Sen. Graham’s
policy talk over a pint
By DAVID
BROOKS New York
Times
I spent much of last week talking with Republicans about Social
Security reform, but I didn’t expect to find myself salivating over
the phone. I was in a hotel room in St. Paul when I connected with
Sen. Lindsey Graham. As he spoke, I could hear Irish music in the
background. I could hear laughter and conviviality. It turned out
that he was calling me from a pub in Dublin.
I can’t tell you how much I wanted at that moment to be in an
Irish pub and possibly not even talking about entitlement reform.
But Graham was going on passionately about his bill.
Graham has campaigned in his home state, South Carolina, on the
need to reform Social Security and move to private accounts. “I’ve
had every demagogic ad you can think of run against me,” he said as
Guinness fantasies danced in my head.
Graham added that he would love to embrace the sort of bill that
his New Hampshire colleague John Sununu is proposing, which would
create private accounts and wouldn’t reduce benefits or raise taxes
to pay the transition costs. But like most smart Republicans I spoke
with this week, Graham realizes that you can’t pass a major
entitlement reform without significant Democratic support.

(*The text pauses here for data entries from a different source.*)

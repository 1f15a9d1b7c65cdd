// SHA-1 of a message that comes in parts, for C. The message so far is held in six words, the hash value after its whole
// blocks and how many bytes it has, and in 64 bytes, those after its whole blocks.
ghost use Rattle.hash_sha1.specs.Parts.{begun, add_of, finish_of};
ghost use Rattle.wardrail.specs.Hashing.{state_of, Holds, Digested};

// The empty message.
#[unsafe(no_mangle)]
pub extern "C" fn wardrail_sha1_start(words: &mut [u32; 6], tail: &mut [u8; 64])
    ensures { Holds begun words.new tail.new }
{
    wardrail::hashing::wardrail_sha1_start(words, tail);
}

// The message with a part after it.
#[unsafe(no_mangle)]
pub extern "C" fn wardrail_sha1_add(words: &mut [u32; 6], tail: &mut [u8; 64], part: &[u8])
    ensures { Holds (add_of (state_of words.old tail.old) part.now) words.new tail.new }
{
    wardrail::hashing::wardrail_sha1_add(words, tail, part);
}

// Writes the digest of the message; a refusal leaves `digest` as it was.
#[unsafe(no_mangle)]
pub extern "C" fn wardrail_sha1_finish(
    words: &[u32; 6],
    tail: &[u8; 64],
    digest: &mut [u8; 20],
) -> u64
    ensures { Digested (finish_of (state_of words.now tail.now) digest.old) result digest.new }
{
    wardrail::hashing::wardrail_sha1_finish(words, tail, digest)
}
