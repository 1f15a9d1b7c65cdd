// Where blocks fall, for C.
ghost use Rattle.refusal.specs.Paper.{map};
ghost use Rattle.torrent_blocks.specs.Spans.{joined_files};
ghost use Rattle.torrent_blocks.specs.Answers.{spot, block_of, byte_of, size_of, parts_written};
ghost use Rattle.wardrail.specs.Said.{Tells};
ghost use Rattle.wardrail.specs.Mapping.{spot_detail};
ghost use Rattle.wardrail.specs.Writers.{Wrote};

// Writes the parts of a block from the start of `out` on, three numbers each: file, offset in it, length. `detail` becomes
// how many parts.
#[unsafe(no_mangle)]
pub extern "C" fn wardrail_block(
    lengths: &[u64],
    piece_length: u64,
    piece: u32,
    offset: u32,
    count: u32,
    out: &mut [u64],
    detail: &mut u64,
) -> u64
    ensures { Wrote (parts_written (block_of (joined_files lengths.now) piece_length (spot piece offset) count) out.old) detail.old result detail.new out.new }
{
    wardrail::mapping::wardrail_block(lengths, piece_length, piece, offset, count, out, detail)
}

// The piece of a file's byte and its offset there, as the two numbers of `detail`.
#[unsafe(no_mangle)]
pub extern "C" fn wardrail_byte(
    lengths: &[u64],
    piece_length: u64,
    file: usize,
    offset: u64,
    detail: &mut [u64; 2],
) -> u64
    ensures { Tells (map spot_detail (byte_of (joined_files lengths.now) piece_length file offset)) detail.old result detail.new }
{
    wardrail::mapping::wardrail_byte(lengths, piece_length, file, offset, detail)
}

// The bytes of a piece as `detail`.
#[unsafe(no_mangle)]
pub extern "C" fn wardrail_piece_size(
    lengths: &[u64],
    piece_length: u64,
    piece: u32,
    detail: &mut u64,
) -> u64
    ensures { Tells (size_of (joined_files lengths.now) piece_length piece) detail.old result detail.new }
{
    wardrail::mapping::wardrail_piece_size(lengths, piece_length, piece, detail)
}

“If John can get Democratic support, count me in,” he was saying,
as a great roar of laughter arose from the pub behind him. But he
knows that most Republicans will never agree to a bill that balloons
the deficit and transforms a beloved program if it doesn’t have
bipartisan backing to give them political cover.
So Graham’s bill would raise payroll taxes on the affluent to
cover transition costs. This idea is going to be tough for many
Republicans, he said, but both parties have to cross some Rubicons.
He’s received some encouragement from senior Republicans and some
important, though so far private, support from Democrats.
This was the first time in my life I heard a person in a pub
talking about benefit index formulas, so it was an important
milestone on my descent into pathetic wonkery. But as Graham was
enthusing, I couldn’t help thinking about how the Social Security
reform debate might transform the culture in Washington.
Over the past few years, attention has focused on things, like
tax cuts, that can be pushed through with partisan majorities. But
in the second term, Bush’s top initiatives will require bipartisan
compromises while making divisions within the parties more
apparent.
Whether they like it or not, Republicans and Democrats are going
to have to meet privately in rooms and negotiate with each other.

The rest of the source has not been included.